As a sidenote, an answer to the ‘crops take too long to grow’ problem might be mutant plants. Mutant poppies are already growing everywhere… by the same token, perhaps anything you plant, forced to subsist on contaminated water and acid rain, might similarly mutate. Let the growth cycle start off unusually fast, and then allow it to be overclocked by certain fertilizers… possibly including some unsavory ones, made from tainted meat and other rotting organics. The faster the growth cycle, the more likely to mutate, and crops exposed to certain tainted substances are also more likely to come out bad. Mutant crops might come out just fine, or even better than fine… but they might also be blighted in unappetizing ways, rot on the vine, or be obviously tainted and poisonous (tainted veggy)… or even become plant monsters.
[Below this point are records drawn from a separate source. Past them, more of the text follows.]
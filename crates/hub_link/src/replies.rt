//! One reply that is whole.
ghost use Rattle.std.specs.Prelude.{◌≡◌, ◌++◌, ◌∷◌, [], List, ℕ, map, length, IsTrue, ◌↔◌, IfSome, IfNone, All, None, Some, true, codes};
ghost use Rattle.std.specs.Str.{str_eq_ignore_ascii_case};
ghost use Rattle.httparse.specs.Spans.{IsHeaderWithin};
ghost use Rattle.http_wire.specs.declared.decimal.Decimal.TheVariants.{Number};
ghost use Rattle.http_wire.specs.declared.head.Header.{Header};
ghost use Rattle.http_wire.specs.Due.{number_said};
ghost use Rattle.http_wire.specs.Due as due;
ghost use Rattle.http_wire.specs.Head.{header_at};
ghost use Rattle.hub_link.specs.Replies.{IsReply, IsNoReply, IsFront, IsLength, HasCome};

use http_wire::decimal::{Decimal, number_in};
use http_wire::heads::HEADER_LIMIT;
use httparse::Status;
use httparse::spans::{EMPTY_HEADER_SPAN, HeaderSpan, ResponseSpans, parse_response};

const CONTENT_LENGTH: &[u8] = b"content-length";

/// A whole head, or none of at most 64 headers.
#[derive(Clone, Copy)]
pub(crate) enum Front {
    Whole(ResponseSpans),
    Other,
}

/// Looks for a head with at most 64 headers.
pub(crate) fn find_front(bytes: &[u8], spans: &mut [HeaderSpan]) -> Front
    requires { length spans.old ≡ 64 }
    ensures front { IsFront bytes.now spans.new result }
    ensures room { length spans.new ≡ 64 }
{
    match parse_response(bytes, spans) {
        Ok(Status::Complete(head)) => Front::Whole(head),
        Ok(Status::Partial) => Front::Other,
        Err(_) => Front::Other,
    }
}

/// What one value more makes of the number that the values say.
fn with_value(said: Option<Decimal>, value: &[u8]) -> Option<Decimal>
    ensures { (values : List (List ℕ)) → said ≡ number_said values → result ≡ number_said (values ++ value.now ∷ []) }
{
    match said {
        None => Some(number_in(value)),
        Some(_) => Some(Decimal::Other),
    }
}

fn is_content_length(name: &[u8]) -> bool
    ensures { result ≡ str_eq_ignore_ascii_case name.now (codes "content-length") }
{
    name.eq_ignore_ascii_case(CONTENT_LENGTH)
}

/// What one header more makes of the length that the headers say.
fn with_header(said: Option<Decimal>, name: &[u8], value: &[u8]) -> Option<Decimal>
    ensures { (headers : List Header) → said ≡ due.length_said headers
        → result ≡ due.length_said (headers ++ record { name = name.now; value = value.now } ∷ []) }
{
    if is_content_length(name) {
        with_value(said, value)
    } else {
        said
    }
}

/// What the `Content-Length` headers say.
pub(crate) fn length_said(bytes: &[u8], spans: &[HeaderSpan]) -> Option<Decimal>
    requires { All (IsHeaderWithin (length bytes.now)) spans.now }
    ensures { result ≡ due.length_said (map (header_at bytes.now) spans.now) }
{
    let mut said = None;
    'all: for span in spans {
        said = with_header(said, span.name.of(bytes), span.value.of(bytes));
    }
    said
}

/// Whether the bytes are as many as is said.
fn is_length(said: Option<Decimal>, body: &[u8]) -> bool
    ensures { IsTrue result ↔ IsLength said body.now }
{
    match said {
        None => body.is_empty(),
        Some(Decimal::Number(n)) => n == body.len() as u64,
        Some(Decimal::Past) => false,
        Some(Decimal::Other) => false,
    }
}

/// The status and the body of a reply, exactly where the bytes are one: a head of at most 64 headers, and behind it exactly as
/// many bytes as its one decimal `Content-Length` says, or none where it has none. Takes no memory.
pub fn read_reply(bytes: &[u8]) -> Option<(u16, &[u8])>
    ensures some { IfSome result (λ reply. IsReply bytes.now reply.0 reply.1.now) }
    ensures none { IfNone result (IsNoReply bytes.now) }
{
    let mut spans = [EMPTY_HEADER_SPAN; HEADER_LIMIT];
    match find_front(bytes, &mut spans) {
        Front::Whole(r) => {
            let body = &bytes[r.len..];
            if is_length(length_said(bytes, &spans[..r.headers]), body) {
                Some((r.code, body))
            } else {
                None
            }
        }
        Front::Other => None,
    }
}

/// Whether it is said that the bytes are as many as they are.
fn is_said(said: Option<Decimal>, body: &[u8]) -> bool
    ensures { result ≡ true → said ≡ Some (Number (length body.now)) }
{
    match said {
        Some(Decimal::Number(n)) => n == body.len() as u64,
        _ => false,
    }
}

/// Whether the bytes are a whole reply by the length that it says, so that none of it is still to come. It is false of one that says no
/// length, whose body ends where the connection does.
pub fn has_come(bytes: &[u8]) -> bool
    ensures { result ≡ true → HasCome bytes.now }
{
    let mut spans = [EMPTY_HEADER_SPAN; HEADER_LIMIT];
    match find_front(bytes, &mut spans) {
        Front::Whole(r) => {
            let said = length_said(bytes, &spans[..r.headers]);
            is_said(said, &bytes[r.len..])
        }
        Front::Other => false,
    }
}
It’s possible that you might be able to find a nice sealed greenhouse somewhere which can quickly grow pure crops without exposing them to local conditions, but it’d be a pretty huge find, and would require power to keep the plants nice and warm throughout the harsh winters… not to mention that it’s a big fragile glass house, easily wrecked by the uncaring hordes.[/quote]
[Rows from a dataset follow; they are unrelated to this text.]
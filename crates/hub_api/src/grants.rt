//! The calls of the authorization code grant (RFC 6749, section 4.1).
ghost use Rattle.std.specs.Prelude.{◌≡◌, IfOk};
ghost use Rattle.hub_api.specs.Refusals.{Gives};
ghost use Rattle.hub_api.specs.Readings as spec;
ghost use Rattle.hub_api.specs.Calls as paths;

use crate::method::Method;
use crate::refusal::ApiRefusal;
use http_wire::request::Request;
use hub_machine::call::Call;
use oauth_flow::asks::{AuthorizeAsk, TradeAsk};
use request_parts::query::form_value;
use std::alloc::{AllocError, Global};

/// `/oauth2/authorize`, by its methods.
pub(crate) fn authorize(
    alloc: Global,
    method: Method,
    request: &Request,
) -> Result<Call, ApiRefusal>
    ensures { Gives result (paths.authorize method request.now) }
{
    match method {
        Method::Get => Ok(Call::GetAuthorize {
            ask: authorize_ask(alloc, request)?,
        }),
        _ => Err(ApiRefusal::NoMethod),
    }
}

/// `/oauth2/token`, by its methods.
pub(crate) fn trade(alloc: Global, method: Method, request: &Request) -> Result<Call, ApiRefusal>
    ensures { Gives result (paths.trade method request.now) }
{
    match method {
        Method::Post => Ok(Call::PostTrade {
            ask: trade_ask(alloc, request)?,
        }),
        _ => Err(ApiRefusal::NoMethod),
    }
}

/// What the query of an authorization says.
fn authorize_ask(alloc: Global, request: &Request) -> Result<AuthorizeAsk, AllocError>
    ensures { IfOk result (λ ask. ask ≡ spec.authorize_ask request.now) }
{
    let query = request.query.as_bytes();
    Ok(AuthorizeAsk {
        response_type: form_value(alloc, query, "response_type")?,
        client_id: form_value(alloc, query, "client_id")?,
        redirect_uri: form_value(alloc, query, "redirect_uri")?,
        state: form_value(alloc, query, "state")?,
    })
}

/// What the body of a trade says, which is a form.
fn trade_ask(alloc: Global, request: &Request) -> Result<TradeAsk, AllocError>
    ensures { IfOk result (λ ask. ask ≡ spec.trade_ask request.now) }
{
    let form = request.body.as_slice();
    Ok(TradeAsk {
        grant_type: form_value(alloc, form, "grant_type")?,
        code: form_value(alloc, form, "code")?,
        redirect_uri: form_value(alloc, form, "redirect_uri")?,
        client_id: form_value(alloc, form, "client_id")?,
        client_secret: form_value(alloc, form, "client_secret")?,
    })
}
I like the mutant plants and greenhouse idea.

I agree there should be easier to get tilling tools, the fact that a hoe is so hard to find is really an accident, not intentional. Allowing the digging stick and shovel to do it would be fine by me, also a scrap hoe wouldn’t be a problem.

Re: long-lived plants. I don’t see any reason to specifically accelerate growth, you can’t plant an orchard from scratch and expect to get anywhere with it, that’s entirely sensible. Otoh jump-starting it with saplings is a reasonable thing to do, and the payoff per-tree is pretty sizeable.
Also I fully expect pre-cataclysm orchards to be a thing in game, so it’d be a matter of finding one. Possibly an entire hobby farm, which would be the most OP location in the game :stuck_out_tongue:
Expect farms to ALWAYS be populated, one way or another…
It’s a great automatic balance, if a location is super-desireable, of course other survivors will want to take and hold those locations too, if nothng else. If they’re desirable by more than one faction, you might have one or the other.
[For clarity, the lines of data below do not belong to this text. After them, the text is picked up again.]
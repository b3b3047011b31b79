//! What a head says of how its body is coded.
ghost use Rattle.std.specs.Prelude.{◌≡◌, ◌∷◌, ◌++◌, [], ℕ, List, length, map, All, Option};
ghost use Rattle.httparse.specs.Spans.{IsHeaderWithin};
ghost use Rattle.http_wire.specs.declared.head.Header.{Header};
ghost use Rattle.http_wire.specs.Head.{header_at};
ghost use Rattle.std.specs.Prelude.{codes};
ghost use Rattle.std.specs.Str.{str_eq_ignore_ascii_case};
ghost use Rattle.hub_link.specs.Chunked.{coding_of};
ghost use Rattle.hub_link.specs.Chunked as spec;

use http_wire::decimal::Decimal;
use httparse::spans::HeaderSpan;

const TRANSFER_ENCODING: &[u8] = b"transfer-encoding";

const CHUNKED: &[u8] = b"chunked";

/// What the `Transfer-Encoding` headers of a head say: nothing, `chunked` alone, or another thing.
#[derive(Clone, Copy, Debug, PartialEq, Eq)]
pub(crate) enum Coding {
    Nothing,
    Chunked,
    Other,
}

fn is_chunked(value: &[u8]) -> bool
    ensures { result ≡ spec.is_chunked value.now }
{
    value.eq_ignore_ascii_case(CHUNKED)
}

fn is_coding_name(name: &[u8]) -> bool
    ensures { result ≡ str_eq_ignore_ascii_case name.now (codes "transfer-encoding") }
{
    name.eq_ignore_ascii_case(TRANSFER_ENCODING)
}

/// What one value alone says.
fn coding_in(value: &[u8]) -> Coding
    ensures { result ≡ coding_of (value.now ∷ []) }
{
    if is_chunked(value) {
        Coding::Chunked
    } else {
        Coding::Other
    }
}

/// What one value more makes of what the values say.
fn with_value(said: Coding, value: &[u8]) -> Coding
    ensures { (values : List (List ℕ)) → said ≡ coding_of values → result ≡ coding_of (values ++ value.now ∷ []) }
{
    match said {
        Coding::Nothing => coding_in(value),
        Coding::Chunked => Coding::Other,
        Coding::Other => Coding::Other,
    }
}

/// What one header more makes of what the headers say.
fn with_header(said: Coding, name: &[u8], value: &[u8]) -> Coding
    ensures { (headers : List Header) → said ≡ spec.coding_said headers
        → result ≡ spec.coding_said (headers ++ record { name = name.now; value = value.now } ∷ []) }
{
    if is_coding_name(name) {
        with_value(said, value)
    } else {
        said
    }
}

/// What the `Transfer-Encoding` headers say.
pub(crate) fn coding_said(bytes: &[u8], spans: &[HeaderSpan]) -> Coding
    requires { All (IsHeaderWithin (length bytes.now)) spans.now }
    ensures { result ≡ spec.coding_said (map (header_at bytes.now) spans.now) }
{
    let mut said = Coding::Nothing;
    'all: for span in spans {
        said = with_header(said, span.name.of(bytes), span.value.of(bytes));
    }
    said
}

/// Whether a body in chunks may stand behind a head: HTTP/1.0 has none, and a length beside them may be a trap.
pub(crate) fn may_have_chunks(status: u16, minor: u8, said: Option<Decimal>) -> bool
    ensures { result ≡ spec.may_have_chunks status minor said }
{
    match said {
        None => status >= 100 && minor == 1,
        Some(_) => false,
    }
}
Less desireable places on the other hand, have a decent chance of being unpopulated.

Yeah, I’d much rather simply provide reasons to keep longer games more interesting so people play them rather then making plants/other things happen more quickly.

No I mean like saplings that won’t die to the first acid rain or whatever, because just finding the damned things would be a challenge. No reason for anyone to go ‘lol they should die to acid rain since they are small’.

My saplings haven’t died from acid rain, and I get an average of one acid rain a day.

Just a few things I have found out.

You don’t need to go into forging to get a hoe, go to a farm. I get one most of the times, in the outer shed (usually has 2-6 zombies in it)

I don’t think any of us are sure how they grow, I think it will be proximity like everything else.

The mutant veg sounds good, perhaps genetic engineering if you have a high enough cooking skill and electronics.

It just needs fleshing out a bit before it can be used sustainably, you would need a huge amount of land to sustain your self, or have very short season lengths.